Whenever a line in this data holds the word "without", report that line in full.

___ Source records ___

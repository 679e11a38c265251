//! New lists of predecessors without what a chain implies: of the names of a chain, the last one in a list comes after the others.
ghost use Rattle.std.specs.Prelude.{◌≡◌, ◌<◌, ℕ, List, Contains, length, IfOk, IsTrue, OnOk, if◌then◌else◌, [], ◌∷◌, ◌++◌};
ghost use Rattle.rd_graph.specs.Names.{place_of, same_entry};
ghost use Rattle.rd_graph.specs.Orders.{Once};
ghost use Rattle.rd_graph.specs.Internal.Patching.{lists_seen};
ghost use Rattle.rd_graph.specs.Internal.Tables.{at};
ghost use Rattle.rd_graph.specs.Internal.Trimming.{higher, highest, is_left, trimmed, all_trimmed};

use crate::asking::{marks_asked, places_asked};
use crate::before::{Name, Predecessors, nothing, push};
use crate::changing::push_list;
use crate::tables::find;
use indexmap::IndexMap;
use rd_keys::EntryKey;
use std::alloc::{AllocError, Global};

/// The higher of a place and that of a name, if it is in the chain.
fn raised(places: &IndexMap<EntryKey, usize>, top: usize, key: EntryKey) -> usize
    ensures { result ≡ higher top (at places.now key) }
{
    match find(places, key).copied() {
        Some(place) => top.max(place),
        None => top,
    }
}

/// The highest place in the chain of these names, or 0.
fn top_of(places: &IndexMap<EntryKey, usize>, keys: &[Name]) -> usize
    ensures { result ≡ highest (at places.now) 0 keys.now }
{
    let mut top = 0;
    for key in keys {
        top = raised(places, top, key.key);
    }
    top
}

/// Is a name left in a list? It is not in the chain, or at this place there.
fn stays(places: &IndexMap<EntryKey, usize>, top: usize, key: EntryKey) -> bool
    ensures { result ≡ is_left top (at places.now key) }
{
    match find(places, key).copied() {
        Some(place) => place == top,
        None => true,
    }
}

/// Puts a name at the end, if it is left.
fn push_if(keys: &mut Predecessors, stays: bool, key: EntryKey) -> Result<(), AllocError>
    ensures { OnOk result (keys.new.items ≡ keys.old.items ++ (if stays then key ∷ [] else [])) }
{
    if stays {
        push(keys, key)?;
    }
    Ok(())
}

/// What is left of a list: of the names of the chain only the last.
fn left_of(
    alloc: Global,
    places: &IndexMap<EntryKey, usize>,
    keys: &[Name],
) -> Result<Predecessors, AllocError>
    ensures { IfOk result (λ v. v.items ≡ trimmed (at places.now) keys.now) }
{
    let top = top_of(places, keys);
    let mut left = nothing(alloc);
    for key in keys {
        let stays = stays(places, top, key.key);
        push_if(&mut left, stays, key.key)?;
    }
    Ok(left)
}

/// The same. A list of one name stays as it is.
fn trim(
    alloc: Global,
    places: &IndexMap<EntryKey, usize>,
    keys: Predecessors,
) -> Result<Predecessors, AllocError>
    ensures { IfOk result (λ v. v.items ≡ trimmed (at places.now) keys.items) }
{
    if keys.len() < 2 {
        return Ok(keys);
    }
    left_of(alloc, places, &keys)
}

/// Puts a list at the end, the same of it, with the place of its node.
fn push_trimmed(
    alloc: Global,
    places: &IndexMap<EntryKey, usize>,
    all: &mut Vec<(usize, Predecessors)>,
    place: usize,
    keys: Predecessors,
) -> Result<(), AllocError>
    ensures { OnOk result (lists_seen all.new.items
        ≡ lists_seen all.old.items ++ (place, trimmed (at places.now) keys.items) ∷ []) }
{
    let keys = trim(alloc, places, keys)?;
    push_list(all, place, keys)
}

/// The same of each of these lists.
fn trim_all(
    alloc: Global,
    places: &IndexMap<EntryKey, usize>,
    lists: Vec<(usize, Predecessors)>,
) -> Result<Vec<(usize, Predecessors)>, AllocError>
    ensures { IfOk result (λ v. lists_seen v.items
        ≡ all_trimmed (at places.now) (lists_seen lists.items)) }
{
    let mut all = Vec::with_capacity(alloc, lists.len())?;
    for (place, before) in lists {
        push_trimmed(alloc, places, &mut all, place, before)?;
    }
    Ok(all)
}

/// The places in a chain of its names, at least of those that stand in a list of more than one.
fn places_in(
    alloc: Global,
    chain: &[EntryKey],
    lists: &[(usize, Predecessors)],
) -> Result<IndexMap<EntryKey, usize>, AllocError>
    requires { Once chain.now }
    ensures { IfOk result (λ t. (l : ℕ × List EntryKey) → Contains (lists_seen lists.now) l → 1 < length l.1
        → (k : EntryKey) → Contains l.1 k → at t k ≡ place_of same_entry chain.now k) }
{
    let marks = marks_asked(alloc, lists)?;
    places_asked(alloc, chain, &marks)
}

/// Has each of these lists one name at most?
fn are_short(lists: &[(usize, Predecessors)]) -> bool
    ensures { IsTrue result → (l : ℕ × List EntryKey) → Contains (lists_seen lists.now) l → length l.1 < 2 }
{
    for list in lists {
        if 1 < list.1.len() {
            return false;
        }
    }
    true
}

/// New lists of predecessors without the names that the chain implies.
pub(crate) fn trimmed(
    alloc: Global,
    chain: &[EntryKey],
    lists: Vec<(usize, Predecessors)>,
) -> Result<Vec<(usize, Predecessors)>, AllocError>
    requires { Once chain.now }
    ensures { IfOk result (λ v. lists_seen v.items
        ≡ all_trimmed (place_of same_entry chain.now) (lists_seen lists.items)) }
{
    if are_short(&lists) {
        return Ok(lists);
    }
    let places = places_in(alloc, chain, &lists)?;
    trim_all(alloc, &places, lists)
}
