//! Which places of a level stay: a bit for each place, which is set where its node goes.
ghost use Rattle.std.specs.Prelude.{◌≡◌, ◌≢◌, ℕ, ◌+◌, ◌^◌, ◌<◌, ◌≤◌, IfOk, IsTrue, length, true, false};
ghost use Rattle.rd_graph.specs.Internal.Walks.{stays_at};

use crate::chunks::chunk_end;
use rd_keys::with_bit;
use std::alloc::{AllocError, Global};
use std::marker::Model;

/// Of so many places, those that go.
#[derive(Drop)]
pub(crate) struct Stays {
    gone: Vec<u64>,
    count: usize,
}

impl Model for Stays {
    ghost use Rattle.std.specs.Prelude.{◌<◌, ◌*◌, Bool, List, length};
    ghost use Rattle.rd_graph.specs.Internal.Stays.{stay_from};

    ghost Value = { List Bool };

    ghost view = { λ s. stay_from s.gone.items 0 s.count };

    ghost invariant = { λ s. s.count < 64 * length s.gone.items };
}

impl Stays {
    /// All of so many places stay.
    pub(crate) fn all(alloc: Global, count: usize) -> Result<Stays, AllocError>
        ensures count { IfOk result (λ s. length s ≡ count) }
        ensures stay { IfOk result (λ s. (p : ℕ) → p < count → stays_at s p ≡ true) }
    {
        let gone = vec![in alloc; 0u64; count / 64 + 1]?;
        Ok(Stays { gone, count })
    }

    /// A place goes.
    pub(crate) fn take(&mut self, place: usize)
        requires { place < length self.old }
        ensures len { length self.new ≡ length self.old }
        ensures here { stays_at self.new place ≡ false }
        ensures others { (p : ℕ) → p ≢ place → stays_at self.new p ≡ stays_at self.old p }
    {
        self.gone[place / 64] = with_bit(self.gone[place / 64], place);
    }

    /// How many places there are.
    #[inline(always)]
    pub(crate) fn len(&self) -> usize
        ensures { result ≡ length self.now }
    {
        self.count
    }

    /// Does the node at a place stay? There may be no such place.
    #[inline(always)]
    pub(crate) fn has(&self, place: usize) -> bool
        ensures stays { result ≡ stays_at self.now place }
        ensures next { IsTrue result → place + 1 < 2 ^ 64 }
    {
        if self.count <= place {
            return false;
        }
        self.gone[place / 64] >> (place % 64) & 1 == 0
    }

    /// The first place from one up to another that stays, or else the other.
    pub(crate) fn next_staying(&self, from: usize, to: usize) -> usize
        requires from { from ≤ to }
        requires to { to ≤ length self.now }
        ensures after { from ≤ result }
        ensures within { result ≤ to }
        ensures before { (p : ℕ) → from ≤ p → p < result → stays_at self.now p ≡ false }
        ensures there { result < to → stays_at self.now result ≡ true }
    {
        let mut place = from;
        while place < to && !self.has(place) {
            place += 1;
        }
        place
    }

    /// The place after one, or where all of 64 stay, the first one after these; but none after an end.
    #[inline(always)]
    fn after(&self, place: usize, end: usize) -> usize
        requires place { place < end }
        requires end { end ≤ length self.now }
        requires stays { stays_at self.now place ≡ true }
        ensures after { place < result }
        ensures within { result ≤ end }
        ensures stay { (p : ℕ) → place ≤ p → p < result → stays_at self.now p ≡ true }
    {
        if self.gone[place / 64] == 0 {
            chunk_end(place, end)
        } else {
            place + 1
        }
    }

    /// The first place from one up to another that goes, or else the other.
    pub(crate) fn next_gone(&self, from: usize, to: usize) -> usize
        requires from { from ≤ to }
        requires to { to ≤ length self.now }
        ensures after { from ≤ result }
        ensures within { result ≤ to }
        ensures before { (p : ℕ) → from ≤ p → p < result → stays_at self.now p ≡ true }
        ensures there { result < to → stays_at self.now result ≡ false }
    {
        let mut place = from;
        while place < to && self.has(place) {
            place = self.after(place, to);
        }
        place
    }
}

___

Written response
//! New lists of predecessors without what a chain implies: of the names of a chain, the last one in a list comes after the others.
/// New lists of predecessors without the names that the chain implies.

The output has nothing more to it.